PlasticSpanner - any ideas a where I could find a lower power bulb for my enlarger?

Just curious, does the fstop on the enlarger affect anything other than the amount of light getting through (i.e. like it affects depth of field on the camera?)

Thanks again!

- Max, TPF Noob


----------



## JamesD (Mar 12, 2006)

From what I understand, f-stop won't do anything funky as long as you are exposing paper which is flat relative to the baseboard.  However, say you took a photo of a church steeple (or other upward structure) from the ground; the resulting image will be foreshortend, or appear to be 'tilting back.'  From what I understand, you can tilt the paper on the easel to correct this, but the focus will be different between the top and bottom of the image.  Using a smaller aperture in the enlarger gives you greater depth of focus (just like depth of field in the camera) so that you can get the whole image in reasonable focus (hopefully).

I could be wrong; anyone else?


----------



## Hertz van Rental (Mar 12, 2006)

The f-stop of the enlarger lens affects depth of field in the same way as it does in the camera.
You focus with the lens fully open because you have a shallow depth of field and so can get the image sharp.
Then you should always stop down two or three stops.
This increases the depth of field and the depth of focus.

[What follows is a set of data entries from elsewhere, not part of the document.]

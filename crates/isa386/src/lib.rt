//! The instructions of the 386 and their bytes.
//!
//! [`Ins`] has one variant for each row of the instruction table, and its operands say which form of
//! the row it is. [`encode`] gives an instruction's bytes and [`len`] their number.
#![tactic(auto)]

mod encoder;
mod field;

pub use encoder::{encode, len};
pub use field::{Field, field_at, with_field};

mod ins;
mod row;

pub use ins::{
    ArithOp, Callee, Cond, Dest, DivideOp, Dw, Ins, Narrow, Opnd, PlainOp, ShiftOp, StackOp,
    StringOp, Target, UnaryOp, Way, WidenOp,
};
pub use row::is_row;
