// Numbers as they are written.
ghost use Rattle.std.specs.Prelude.{◌≡◌, ◌≤◌, ◌<◌, ◌^◌};
ghost use Rattle.asm_read.specs.Numerals as spec;

use asm_item::Number;

/// The value of a digit, or 16.
fn digit(c: u8) -> u32
    ensures { result ≡ spec.digit c }
{
    if 48 <= c && c <= 57 {
        u32::from(c - 48)
    } else if 97 <= c && c <= 102 {
        u32::from(c - 87)
    } else if 65 <= c && c <= 70 {
        u32::from(c - 55)
    } else {
        16
    }
}

/// `n` with one more digit, while it stays below 2 to the power 32.
fn longer(base: u32, n: u32, d: u32) -> Option<u32>
    requires base { base ≤ 16 }
    requires digit { d ≤ 16 }
    ensures { result ≡ spec.longer base n d }
{
    let m = u64::from(n) * u64::from(base) + u64::from(d);
    if d < base && m < 4294967296 {
        Some(m as u32)
    } else {
        None
    }
}

/// The number that digits of this base stand for.
fn digits(base: u32, w: &[u8]) -> Option<u32>
    requires { base ≤ 16 }
    ensures { result ≡ spec.digits base 0 w.now }
{
    let mut n = 0u32;
    for c in w {
        n = longer(base, n, digit(*c))?;
    }
    Some(n)
}

fn some_digits(base: u32, w: &[u8]) -> Option<u32>
    requires { base ≤ 16 }
    ensures { result ≡ spec.some_digits base w.now }
{
    if w.is_empty() {
        return None;
    }
    digits(base, w)
}

fn after_zero(w: &[u8]) -> Option<u32>
    ensures { result ≡ spec.after_zero w.now }
{
    match w {
        [] => Some(0),
        [c, rest @ ..] if *c == b'x' || *c == b'X' => some_digits(16, rest),
        _ => digits(8, w),
    }
}

/// The number that a word spells: decimal, octal behind a 0, hexadecimal behind 0x. None where it
/// spells none, or one of 2 to the power 32 or more.
pub fn numeral(w: &[u8]) -> Option<u32>
    ensures { result ≡ spec.numeral w.now }
{
    match w {
        [] => None,
        [b'0', rest @ ..] => after_zero(rest),
        _ => digits(10, w),
    }
}

/// A number of so many values, taken modulo their number.
fn within(values: u64, n: Number) -> Option<u32>
    requires many { 0 < values }
    requires few { values ≤ 2 ^ 32 }
    ensures { result ≡ spec.within values n }
{
    let size = u64::from(n.size);
    if n.minus {
        if size * 2 <= values {
            Some(((values - size) % values) as u32)
        } else {
            None
        }
    } else if size < values {
        Some(n.size)
    } else {
        None
    }
}

pub fn byte_of(n: Number) -> Option<u8>
    ensures { result ≡ spec.byte_of n }
{
    Some(within(256, n)? as u8)
}

pub fn half_of(n: Number) -> Option<u16>
    ensures { result ≡ spec.half_of n }
{
    Some(within(65536, n)? as u16)
}

pub fn full_of(n: Number) -> Option<u32>
    ensures { result ≡ spec.full_of n }
{
    within(4294967296, n)
}

pub fn signed_of(n: Number) -> Option<i32>
    ensures { result ≡ spec.signed_of n }
{
    Some(full_of(n)?.cast_signed())
}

It compensates for any unevenness in the neg and in the paper (neither are perfectly flat) to give a sharp print overall.
It will also reduce the exposure time to something manageable - you should be looking for something between 10 and 25 secs. ideally.

Remember: depth of field is in front of the lens, depth of focus behind it. In the enlarger the depth of field is where the neg is, the depth of focus where the paper is.


----------



## JamesD (Mar 13, 2006)

Hertz, it's sure nice to have you around; you always teach me something!  Thanks for the clarification, and giving me something to experiment with in the darkroom.  Perhaps I'll improve another degree.


----------